Personal details
- Born: 21 December 1961 (age 64) Tehran, Iran
- Party: Socialist Left Party
- Children: 4
- Alma mater: University of Tehran University of Oslo
- Profession: Lawyer

= Ahmad Ghanizadeh =

Ahmad Ghanizadeh (احمد غنی‌زاده; born 21 December 1961) is a Norwegian-Iranian politician for the Socialist Left Party. From 23 March 2012 to 16 October 2013, he served as State Secretary in the Ministry of Children and Equality.

==Early life and education==
Born in Tehran, Iran in 1961, he was first employed as a journalist and teacher while studying engineering and telecommunication at the University of Tehran. He first emigrated to Norway as at age 25, before completing his degree. After settling in Ringerike municipality, he studied and worked as an interpreter, before studying law at the University of Oslo, receiving his law degree in 1997.

== Career ==
After graduating from Law school in 1997, Ghanizadeh was employed as deputy director at the Ministry of Local Government and Regional Development, then under Ragnhild Queseth Haarstad. First as a consultant, and later as deputy director.

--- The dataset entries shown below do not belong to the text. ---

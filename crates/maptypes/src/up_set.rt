//! The set of a group: the OSDs that store it, by their places.

ghost use Rattle.std.specs.Prelude.{◌≡◌, ◌<◌, Some, position, IfSome};
ghost use Rattle.std.specs.Fmt.{DisplaysOnOk};
ghost use Rattle.std.specs.List.{list_any};
ghost use Rattle.buckets.specs.Limits.{max_devices};
ghost use Rattle.maptypes.specs.Sets.{is_of, primary_of};
ghost use Rattle.maptypes.specs.SetText.{place_text, list_text};

use crate::exception::Pair;
use crate::short::Short;
use crush::RuleKind;
use std::alloc::AllocError;
use std::fmt;
use std::marker::Model;

/// The set of a group: at most 20 places, in order, each with an OSD, in two bytes, or with none.
#[derive(Copy, Debug, PartialEq, Eq)]
pub struct UpSet {
    places: Short<Option<u16>>,
}

impl Model for UpSet {
    ghost use Rattle.std.specs.Prelude.{ℕ, List, Option};

    ghost Value = { List (Option ℕ) };

    ghost view = { λ s. s.places };

    ghost inverse = { λ xs. record { places = xs } };
}

impl Clone for UpSet {
    ghost use Rattle.std.specs.Prelude.{◌≡◌, ⊤};

    ghost is_clone = { λ s r. r ≡ s };

    ghost is_infallible = { λ _. ⊤ };

    fn clone(&self) -> Result<UpSet, AllocError> {
        Ok(*self)
    }
}

/// Whether a place has an OSD.
fn is_of(place: Option<u16>, osd: u32) -> bool
    ensures { result ≡ is_of osd place }
{
    match place {
        Some(own) => u32::from(own) == osd,
        None => false,
    }
}

/// Whether some places have an OSD.
fn has_osd(places: &[Option<u16>], osd: u32) -> bool
    ensures { result ≡ list_any (is_of osd) places.now }
{
    places.iter().any(|place| is_of(*place, osd))
}

/// The place where an OSD first stands.
fn place_of(places: &[Option<u16>], osd: u32) -> Option<usize>
    ensures { result ≡ position (is_of osd) places.now }
{
    places.iter().position(|place| is_of(*place, osd))
}

/// The first OSD of some places.
fn first_osd(places: &[Option<u16>]) -> Option<u32>
    ensures { result ≡ primary_of places.now }
{
    for place in places {
        if let Some(osd) = place {
            return Some(u32::from(*osd));
        }
    }
    None
}

/// A place, in two bytes.
fn short_place(place: Option<u32>) -> Option<u16>
    requires { IfSome place (λ osd. osd < max_devices) }
    ensures { result ≡ place }
{
    match place {
        Some(osd) => Some(osd as u16),
        None => None,
    }
}

impl UpSet {
    ghost use Rattle.maptypes.specs.Sets.{primary_of, replace, is_of, kept_in};
    ghost use Rattle.std.specs.Prelude.{◌≡◌, ◌≤◌, ◌<◌, [], ◌∷◌, ◌++◌, length, map, Some, IfSome, All};
    ghost use Rattle.std.specs.List.{list_any};
    ghost use Rattle.buckets.specs.Limits.{max_devices};

    /// The set without a place.
    pub fn new() -> Self
        ensures { result ≡ [] }
    {
        UpSet {
            places: Short::new(),
        }
    }

    /// The places, in order.
    pub fn places(&self) -> &[Option<u16>]
        ensures places { result.now ≡ self.now }
        ensures few { length self.now ≤ 20 }
    {
        self.places.as_slice()
    }

    /// The primary: the first OSD of the set.
    pub fn primary(&self) -> Option<u32>
        ensures { result ≡ primary_of self.now }
    {
        first_osd(self.places())
    }

    /// One more place.
    pub fn push(&mut self, place: Option<u32>)
        requires room { length self.old < 20 }
        requires small { IfSome place (λ osd. osd < max_devices) }
        ensures { self.new ≡ self.old ++ place ∷ [] }
    {
        self.places.push(short_place(place));
    }

    /// The set of some OSDs, in order.
    pub fn of(osds: &[u32]) -> UpSet
        requires few { length osds.now ≤ 20 }
        requires small { All (λ osd. osd < max_devices) osds.now }
        ensures { result ≡ map (λ osd. Some osd) osds.now }
    {
        let mut set = UpSet::new();
        for osd in osds {
            set.push(Some(*osd));
        }
        set
    }

    /// Whether an OSD stands in the set.
    pub fn has(&self, osd: u32) -> bool
        ensures { result ≡ list_any (is_of osd) self.now }
    {
        has_osd(self.places(), osd)
    }

    /// One OSD goes to another where it first stands.
    pub fn replace(&mut self, pair: Pair)
        requires { pair.to < max_devices }
        ensures { self.new ≡ replace pair self.old }
    {
        if let Some(place) = place_of(self.places(), u32::from(pair.from)) {
            self.places.set(place, Some(pair.to));
        }
    }

    /// One more place, in the way of a kind: copies leave out a place without an OSD, coded parts keep it.
    pub fn add(&mut self, kind: RuleKind, place: Option<u32>)
        requires room { length self.old < 20 }
        requires small { IfSome place (λ osd. osd < max_devices) }
        ensures { self.new ≡ self.old ++ kept_in kind place }
    {
        match kind {
            RuleKind::Replicated if place.is_none() => {}
            RuleKind::Replicated | RuleKind::Erasure => self.push(place),
        }
    }
}

/// Writes a place: its OSD, or `none`.
fn write_place<W: fmt::Write>(f: &mut fmt::Formatter<W>, place: Option<u16>) -> fmt::Result
    ensures { DisplaysOnOk W.write_str_gives f.old result (Some (place_text place)) f.new }
{
    match place {
        Some(osd) => write!(f, "{osd}"),
        None => f.write_str("none"),
    }
}

/// Writes places, with commas between them.
fn write_places<W: fmt::Write>(f: &mut fmt::Formatter<W>, places: &[Option<u16>]) -> fmt::Result
    ensures { DisplaysOnOk W.write_str_gives f.old result (Some (list_text place_text places.now)) f.new }
{
    let [first, others @ ..] = places else {
        return Ok(());
    };
    write_place(f, *first)?;
    for place in others {
        f.write_str(",")?;
        write_place(f, *place)?;
    }
    Ok(())
}

/// `[3,none,0]`: the places in order.
impl fmt::Display for UpSet {
    ghost use Rattle.std.specs.Prelude.{Some};
    ghost use Rattle.maptypes.specs.SetText.{set_text};

    ghost output = { λ set. Some (set_text set) };

    fn fmt<W: fmt::Write>(&self, f: &mut fmt::Formatter<W>) -> fmt::Result {
        f.write_str("[")?;
        write_places(f, self.places())?;
        f.write_str("]")
    }
}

From 1 January 2005 he was appointed as head of the new Section for Integration and Diversity after his previous department was merged into the newly established Ministry of Labour, he was then put in charge of managing the Norwegian government's immigrant absorption policy. He subsequently switched to the Ministry of Children, Equality and Social Inclusion. On 23 March 2012 he was promoted to the position of State Secretary, which was second only to the minister Inga Marte Thorkildsen. He held this position until 16 October 2013.

== Personal life ==
After relocating to Norway, Ghanizadeh settled in Ringerike, and later to Sundvollen in Hole municipality, outside Oslo. He currently resides there, with his wife Grethe, and four children.